Community members want fishing lake near toxic site tested, but state says it’s not necessary.
The state says its data and models show the lake doesn’t need to be tested.
On a chilly Saturday morning in Wichita, K-96 Fishing Lake is quiet — only one fisherman sits peacefully on the dock, watching the ducks. He has multiple fishing lines out but isn’t having any luck.
The lake just south of the highway along Hydraulic is a well-known fishing hub in the nearby community. Workers at a local bait shop said they’d been fishing there for years, catching and eating the crappie and catfish stocked by the state.
“I used to fish there and always threw back,” said City Council member Brandon Johnson. “But I also know people who take the fish out and eat it.”
The lake is directly north of a toxic site contaminated by a large chemical spill, which state officials estimate happened in the 1970s or ’80s. Last week, city and county elected officials addressed the spill, which contaminated the Union Pacific rail yard’s soil and groundwater with a carcinogenic chemical known as trichloroethene (TCE, also known as trichloroethylene).
The contaminated groundwater, which is separate from the city’s public water supply, also extends 2.9 miles south of the rail yard site.
TCE, commonly used to degrease metals, can cause multiple adverse health effects depending on length of exposure to the chemical. The Centers for Disease Control and Prevention states that TCE can cause, among other things, kidney cancer, non-Hodgkin lymphoma and heart issues.
Neither the surface water nor sediment from the fishing lake north of the site has been tested for TCE, according to representatives from the Kansas Department of Health and Environment. The state said that there is no need to test it because there is no sign that chemicals from the spill flowed north from the rail yard.
“The groundwater flows to the south from the spill site,” Mary Daily of KDHE wrote in an email to KMUW. “So, the contaminated groundwater is moving away from the lake, not toward the lake.”
Many community members, though, want the state to test the lake for TCE.
“The state is going to have to test it,” said Treatha Brown-Foster, a member of Northeast Millair Neighborhood Association, which is directly south of the spill. “It needs to be.”
Johnson, whose district includes the contamination, also wants the state to test the lake.
“It’s hard for me to believe that a spill happened … and that lake is not contaminated,” Johnson said. “I just want to know for sure.”

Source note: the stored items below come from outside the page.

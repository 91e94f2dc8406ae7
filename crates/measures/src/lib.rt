// What is tallied over loads.
#![tactic(auto)]

ghost use Rattle.std.specs.Prelude.{◌≡◌};
ghost use Rattle.meaning.specs.Measures.{Means, Laws};

pub mod loads;
pub mod prices;
pub mod yes_no;

// A measure has values, a zero, a one, a join and a chain of two values, and a worth for a price and a count. The tally of some loads
// is the join over them of the chains, in kind order, of the worths of their counts.
pub trait Measure {
    type Value: Copy;

    // What the functions below compute, and which values the measure has.
    ghost means: { Means Self.Value };

    fn zero() -> Self::Value
        ensures { result ≡ means.zero };

    fn one() -> Self::Value
        ensures { result ≡ means.one };

    fn join(a: Self::Value, b: Self::Value) -> Self::Value
        ensures { result ≡ means.join a b };

    fn chain(a: Self::Value, b: Self::Value) -> Self::Value
        ensures { result ≡ means.chain a b };

    // What a count of a kind at that price is worth.
    fn worth(price: u16, count: u8) -> Self::Value
        ensures { result ≡ means.worth price count };

    // Join is associative and commutative with zero neutral; chain is associative with one neutral on either side, gives zero if either
    // side is zero, and distributes over join on both sides.
    ghost lawful: { Laws means };
}
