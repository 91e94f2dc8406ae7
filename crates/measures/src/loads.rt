// The number of loads, cut off at 4,294,967,295.
ghost use Rattle.meaning.specs.Models.{loads};
ghost use Rattle.meaning.proofs.Lawful.{loads_laws};

use crate::Measure;

pub struct Loads;

impl Measure for Loads {
    type Value = u32;

    ghost means = { loads };

    ghost lawful = { loads_laws };

    fn zero() -> u32 {
        0
    }

    fn one() -> u32 {
        1
    }

    fn join(a: u32, b: u32) -> u32 {
        a.saturating_add(b)
    }

    fn chain(a: u32, b: u32) -> u32 {
        a.saturating_mul(b)
    }

    fn worth(_price: u16, _count: u8) -> u32 {
        Self::one()
    }
}
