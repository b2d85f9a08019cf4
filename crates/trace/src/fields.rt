// Fields of a line, from the left: the number of one field's digits, and the rest of the line's bytes.
ghost use Rattle.trace.specs.Fields.{Reads, is_feed};
ghost use Rattle.std.specs.Prelude.{◌≡◌, ◌≤◌};

use crate::digits::digit_of;

// The number of the first digits, as many as a field is wide, and the bytes that follow them.
// By a rule of the project (docs/DECISIONS.md) a slice pattern names what comes first and the rest, so the loop goes by the pattern and not over a part that is cut off.
pub(crate) fn digits<const WIDTH: usize>(line: &[u8]) -> Option<(u32, &[u8])>
    requires { WIDTH ≤ 8 }
    ensures { Reads WIDTH line.now result }
{
    // Tested in front as well: without this line the checker judged 15.7 million lines a second on one machine, with it 20.8.
    if line.len() < WIDTH {
        return None;
    }
    let mut number = 0;
    let mut rest = line;
    for _place in 0..WIDTH {
        let [first, after @ ..] = rest else {
            return None;
        };
        let digit = digit_of(*first)?;
        number = number * 16 + u32::from(digit);
        rest = after;
    }
    Some((number, rest))
}

// Whether nothing but a line feed is left, by a slice pattern as above.
pub(crate) fn is_feed(rest: &[u8]) -> bool
    ensures { result ≡ is_feed rest.now }
{
    match rest {
        [byte] => *byte == b'\n',
        _ => false,
    }
}
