// Writing commands as lines into a buffer that the caller lends.
ghost use Rattle.std.specs.Prelude.{◌≡◌, ◌*◌, ◌<◌, ◌≤◌, ◌++◌, length, drop};
ghost use Rattle.sheet.specs.First.{first_place};
ghost use Rattle.trace.specs.Digits.{digit, digits};
ghost use Rattle.trace.specs.Line.{line_of};
ghost use Rattle.trace.specs.Text.{written};
ghost use Rattle.trace.specs.Writing.{write_number, write_place, write_told, improper, writing, bytes_after, WrittenSo};

use crate::cutting::LINE;
use crate::line::is_proper;
use rulebook::command::Command;

// The byte of each digit.
const DIGITS: [u8; 16] = *b"0123456789ABCDEF";

// Why commands are not written; the first reason in this order is answered.
#[derive(Clone, Copy, Debug, PartialEq, Eq)]
pub enum WriteRefusal {
    // The buffer has fewer than 27 bytes for each command.
    Buffer,
    // The record of this number is improper, and none before it.
    Improper(usize),
}

impl WriteRefusal {
    // The number of the refusal. It has a name and is no `From`: `u8::from` would not say that it is the listed number.
    pub fn number(self) -> u8
        ensures { result ≡ write_number self }
    {
        match self {
            WriteRefusal::Buffer => 15,
            WriteRefusal::Improper(_) => 17,
        }
    }

    // The record that it carries.
    pub fn record(self) -> Option<usize>
        ensures { result ≡ write_place self }
    {
        match self {
            WriteRefusal::Buffer => None,
            WriteRefusal::Improper(place) => Some(place),
        }
    }
}

// Writes the line of command k into the bytes 27 × k to 27 × k + 26, and answers the count of lines. All other bytes stay as they are, and every byte does where it is refused.
// The buffer is lent and the answer counts its lines: by a rule of the project (docs/DECISIONS.md) nothing is allocated.
pub fn write_lines(commands: &[Command], out: &mut [u8]) -> Result<usize, WriteRefusal>
    ensures answer { write_told result ≡ writing (length out.old) commands.now }
    ensures contents { out.new ≡ bytes_after commands.now result out.old }
    ensures text { WrittenSo commands.now result out.new }
{
    write_checked(commands, out)
}

// Looks at every record before the first byte is written; a function of its own, so that a wrong decision is refused here and the laws are added by its caller.
fn write_checked(commands: &[Command], out: &mut [u8]) -> Result<usize, WriteRefusal>
    ensures answer { write_told result ≡ writing (length out.old) commands.now }
    ensures contents { out.new ≡ bytes_after commands.now result out.old }
{
    if out.len() / LINE < commands.len() {
        return Err(WriteRefusal::Buffer);
    }
    if let Some(place) = first_improper(commands) {
        return Err(WriteRefusal::Improper(place));
    }
    fill_lines(commands, out);
    Ok(commands.len())
}

// The number of the first improper record; a function of its own, so that its caller has the clause.
#[tactic(auto, unfolding(crate::specs::Writing::improper))]
fn first_improper(commands: &[Command]) -> Option<usize>
    ensures { result ≡ first_place improper commands.now }
{
    commands.iter().position(|command| !is_proper(*command))
}

// The commands' lines from the start of the buffer on.
// The part of line k is named by its bytes' numbers: what a loop writes through `chunks_exact_mut` or `split_at_mut` no proof knows behind the loop.
fn fill_lines(commands: &[Command], out: &mut [u8])
    requires { 27 * length commands.now ≤ length out.old }
    ensures { out.new ≡ written commands.now ++ drop (27 * length commands.now) out.old }
{
    for (k, command) in commands.iter().enumerate() {
        write_line(&mut out[LINE * k..LINE * k + LINE], *command);
    }
}

// One line, into exactly its 27 bytes. The parts are named by their bytes, as the format names them.
fn write_line(out: &mut [u8], command: Command)
    requires { length out.old ≡ 27 }
    ensures { out.new ≡ line_of command }
{
    write_digits(&mut out[0..8], command.cycle);
    write_digits(&mut out[8..9], u32::from(command.kind.number()));
    write_digits(&mut out[9..10], u32::from(command.bank));
    write_digits(&mut out[10..14], u32::from(command.row));
    write_digits(&mut out[14..17], u32::from(command.column));
    write_digits(&mut out[17..18], u32::from(command.requester));
    write_digits(&mut out[18..26], command.number);
    out[26] = b'\n';
}

// Fills the part with the last digits of a number, from the right.
fn write_digits(out: &mut [u8], number: u32)
    ensures { out.new ≡ digits (length out.old) number }
{
    if let Some((last, front)) = out.split_last_mut() {
        *last = digit_byte(number % 16);
        write_digits(front, number / 16);
    }
}

// The byte that stands for a digit's value.
fn digit_byte(value: u32) -> u8
    requires { value < 16 }
    ensures { result ≡ digit value }
{
    DIGITS[value as usize]
}
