// Lines of text: hexadecimal digits, fields read from the left, trace lines read and written, and the sheet line.
#![tactic(auto)]

pub mod board; // the sheet and the chip of a sheet line, or why there are none
pub mod cutting; // text as lines, cut every 27 bytes
pub mod digits; // the value of a digit, by a table
mod fields; // a field of a line, and the rest that follows
pub mod line; // one trace line and the command that it stands for
pub mod reading; // text read into lent records
pub mod sheet_line; // the line that gives a sheet and a chip, as its fields
pub mod writing; // commands written as lines into a lent buffer
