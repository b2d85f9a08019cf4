// Text as lines: it is cut every 27 bytes, and a shorter last piece is a line too.
ghost use Rattle.std.specs.Prelude.{◌≡◌, ◌<◌, [], length, slice_index_or};
ghost use Rattle.sheet.specs.Units.{rounded_up};
ghost use Rattle.trace.specs.Text.{line_count, line_at, lines_of, LinesCorrespond};

// The bytes of one line.
pub const LINE: usize = 27;

// How many lines a text has.
#[tactic(auto, using(crate::proofs::TextLaws::length_lines))]
pub fn line_count(text: &[u8]) -> usize
    ensures value { result ≡ line_count text.now }
    ensures counts { result ≡ length (lines_of text.now) }
{
    lines_in(text.len())
}

// Line k of a text, counted from 0, for callers that go line by line; empty behind the last line.
#[tactic(auto, using(crate::proofs::TextLaws::length_lines, crate::proofs::TextLaws::get_or_lines))]
pub fn line_at(text: &[u8], k: usize) -> &[u8]
    ensures value { result.now ≡ line_at text.now k }
    ensures nth { k < length (lines_of text.now) → result.now ≡ slice_index_or (lines_of text.now) k [] }
{
    cut(text, k)
}

// Line k of a text, by its bytes' numbers: `chunks(LINE).nth(k)` would pass over the k lines before it.
fn cut(text: &[u8], k: usize) -> &[u8]
    ensures { result.now ≡ line_at text.now k }
{
    if k >= lines_in(text.len()) {
        return &text[text.len()..];
    }
    let rest = &text[LINE * k..];
    if rest.len() > LINE {
        &rest[0..LINE]
    } else {
        rest
    }
}

// How many lines so many bytes make.
fn lines_in(bytes: usize) -> usize
    ensures { result ≡ rounded_up bytes 27 }
{
    bytes.div_ceil(LINE)
}

// The law of the formats: a text reads as a list of commands exactly when it is the text written of that list.
pub fn lines_correspond() -> u8
    ensures { LinesCorrespond }
{
    0
}
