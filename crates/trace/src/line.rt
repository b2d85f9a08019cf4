// One trace line: 26 digits and a line feed. Cycle 8, kind 1, bank 1, row 4, column 3, requester 1, number 8.
ghost use Rattle.std.specs.Prelude.{◌≡◌};
ghost use Rattle.trace.specs.Fields.{ReadsThen};
ghost use Rattle.trace.specs.Line.{blank, proper, front_in, behind_front, back_in, command_in};

use crate::fields::{digits, is_feed};
use rulebook::command::{Command, Kind};

// The first fields of a line.
#[derive(Clone, Copy, Debug, PartialEq, Eq)]
pub(crate) struct Front {
    pub(crate) cycle: u32,
    pub(crate) kind: Kind,
    pub(crate) bank: u8,
    pub(crate) row: u16,
}

// The last fields of a line.
#[derive(Clone, Copy, Debug, PartialEq, Eq)]
pub(crate) struct Back {
    pub(crate) column: u16,
    pub(crate) requester: u8,
    pub(crate) number: u32,
}

// The command that a line stands for; none where it is malformed.
pub fn read_line(line: &[u8]) -> Option<Command>
    ensures { result ≡ command_in line.now }
{
    let (front, rest) = read_front(line)?;
    let back = read_back(rest)?;
    let command = Command {
        cycle: front.cycle,
        kind: front.kind,
        bank: front.bank,
        row: front.row,
        column: back.column,
        requester: back.requester,
        number: back.number,
    };
    is_blank(command).then_some(command)
}

// Cycle, kind, bank and row, and the bytes that follow them.
fn read_front(line: &[u8]) -> Option<(Front, &[u8])>
    ensures { ReadsThen (front_in line.now) (behind_front line.now) result }
{
    let (cycle, rest) = digits::<8>(line)?;
    let (kind, rest) = digits::<1>(rest)?;
    let kind = Kind::try_from(kind as u8).ok()?;
    let (bank, rest) = digits::<1>(rest)?;
    let (row, rest) = digits::<4>(rest)?;
    let front = Front {
        cycle,
        kind,
        bank: bank as u8,
        row: row as u16,
    };
    Some((front, rest))
}

// Column, requester, number and the line feed, and nothing behind it.
fn read_back(line: &[u8]) -> Option<Back>
    ensures { result ≡ back_in line.now }
{
    let (column, rest) = digits::<3>(line)?;
    let (requester, rest) = digits::<1>(rest)?;
    let (number, rest) = digits::<8>(rest)?;
    if !is_feed(rest) {
        return None;
    }
    Some(Back {
        column: column as u16,
        requester: requester as u8,
        number,
    })
}

// Whether what a command of its kind has no use for is 0, field by field as the format lists them.
fn is_blank(c: Command) -> bool
    ensures { result ≡ blank c }
{
    match c.kind {
        Kind::Idle => c.bank == 0
            && c.row == 0
            && c.column == 0
            && c.requester == 0
            && c.number == 0,
        Kind::Activate => c.column == 0,
        Kind::Precharge => c.row == 0 && c.column == 0,
        Kind::Read | Kind::Write => true,
    }
}

// Whether a line stands for the command. Its cycle, row and number always fit their digits.
pub fn is_proper(c: Command) -> bool
    ensures { result ≡ proper c }
{
    c.bank < 16 && c.column < 4_096 && c.requester < 16 && is_blank(c)
}
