// Reading text into records that the caller lends.
ghost use Rattle.std.specs.Prelude.{◌≡◌, ◌≤◌, ◌++◌, map, length, drop};
ghost use Rattle.sheet.specs.First.{first_place};
ghost use Rattle.trace.specs.Text.{line_count, lines_of, malformed, command_at};
ghost use Rattle.trace.specs.Reading.{read_number, read_place, read_told, reading, records_after, ReadOnlySo, ReadsBack};

use crate::cutting::{LINE, line_count};
use crate::line::read_line;
use rulebook::command::Command;

// Why text is not read; the first reason in this order is answered.
#[derive(Clone, Copy, Debug, PartialEq, Eq)]
pub enum ReadRefusal {
    // Fewer records are lent than the text has lines.
    Records,
    // The line of this number is malformed, and none before it.
    Malformed(usize),
}

impl ReadRefusal {
    // The number of the refusal. It has a name and is no `From`: `u8::from` would not say that it is the listed number.
    pub fn number(self) -> u8
        ensures { result ≡ read_number self }
    {
        match self {
            ReadRefusal::Records => 15,
            ReadRefusal::Malformed(_) => 16,
        }
    }

    // The line that it carries.
    pub fn line(self) -> Option<usize>
        ensures { result ≡ read_place self }
    {
        match self {
            ReadRefusal::Records => None,
            ReadRefusal::Malformed(line) => Some(line),
        }
    }
}

// Reads line k into record k, and answers the count of lines. Records behind the lines stay as they are, and all do where it is refused.
// The records are lent and the answer counts them: by a rule of the project (docs/DECISIONS.md) nothing is allocated.
pub fn read_lines(text: &[u8], records: &mut [Command]) -> Result<usize, ReadRefusal>
    ensures answer { read_told result ≡ reading (length records.old) text.now }
    ensures contents { records.new ≡ records_after text.now result records.old }
    ensures only_so { ReadOnlySo text.now result records.new }
    ensures reads_back { ReadsBack text.now records.old result records.new }
{
    read_checked(text, records)
}

// Looks at every line before the first record is written; a function of its own, so that a wrong decision is refused here and the laws are added by its caller.
fn read_checked(text: &[u8], records: &mut [Command]) -> Result<usize, ReadRefusal>
    ensures answer { read_told result ≡ reading (length records.old) text.now }
    ensures contents { records.new ≡ records_after text.now result records.old }
{
    let count = line_count(text);
    if records.len() < count {
        return Err(ReadRefusal::Records);
    }
    if let Some(line) = first_malformed(text) {
        return Err(ReadRefusal::Malformed(line));
    }
    fill_records(text, records);
    Ok(count)
}

// The number of the first malformed line; a function of its own, so that its caller has the clause.
fn first_malformed(text: &[u8]) -> Option<usize>
    ensures { result ≡ first_place malformed (lines_of text.now) }
{
    text.chunks(LINE).position(|line| read_line(line).is_none())
}

// Record k from line k, for each line.
// The record is named by k: what a loop writes through `iter_mut` in a `zip` no proof knows behind the loop.
fn fill_records(text: &[u8], records: &mut [Command])
    requires { line_count text.now ≤ length records.old }
    ensures { records.new ≡ map command_at (lines_of text.now) ++ drop (line_count text.now) records.old }
{
    for (k, line) in text.chunks(LINE).enumerate() {
        records[k] = command_at(line);
    }
}

// The command of a line; one that nothing is said of where the line is malformed.
#[tactic(auto, unfolding(crate::specs::Text::command_at))]
fn command_at(line: &[u8]) -> Command
    ensures { result ≡ command_at line.now }
{
    read_line(line).unwrap_or_default()
}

Irrespective of the 29th and Grove ground contamination, the state has issued an advisory to limit the number of fish eaten from K-96 Fishing Lake due to toxic chemicals known as polychlorinated biphenyls (PCB) in the water.
But Daily sees no need to worry about TCE contamination from the rail yard. She said samples were collected from a groundwater monitoring well between the site at 29th and Grove and the lake to the north. No TCE contamination was found at that well.
“If the chemical spill had flowed to the north toward the lake, the pattern of soil contamination would show that, because some of the chemical would have soaked into the ground in that direction,” Daily wrote. “We don’t see that type of pattern.”
The Wichita Beacon and KMUW shared a map of the state’s monitoring wells and a cross-section of the contaminated site with Patty Bryan, a geologist and co-chair of the Environmental Characterization and Remediation working group within the Association of Environmental and Engineering Geologists. She said the decision not to test the lake for TCE is sound.
“To me, it looks like they’ve got good data supporting what they’ve done,” Bryan said. “... I know it seems like it should get in that water; it’s so close. But I see why they’re not (testing it).”
To understand the extent of contamination, scientists have to be selective about where they collect samples, she added.
“Otherwise that could generate data that is not even related to this issue,” Bryan said. “And it complicates it.”
The chemicals already in the lake, PCBs, are also known to cause cancer and negatively impact the immune system, reproductive system and nervous system. PCBs settle at the bottom of the lake, contaminating bottom-feeding species such as channel catfish. Currently, KDHE recommends eating only one bottom-feeding fish a month from the lake.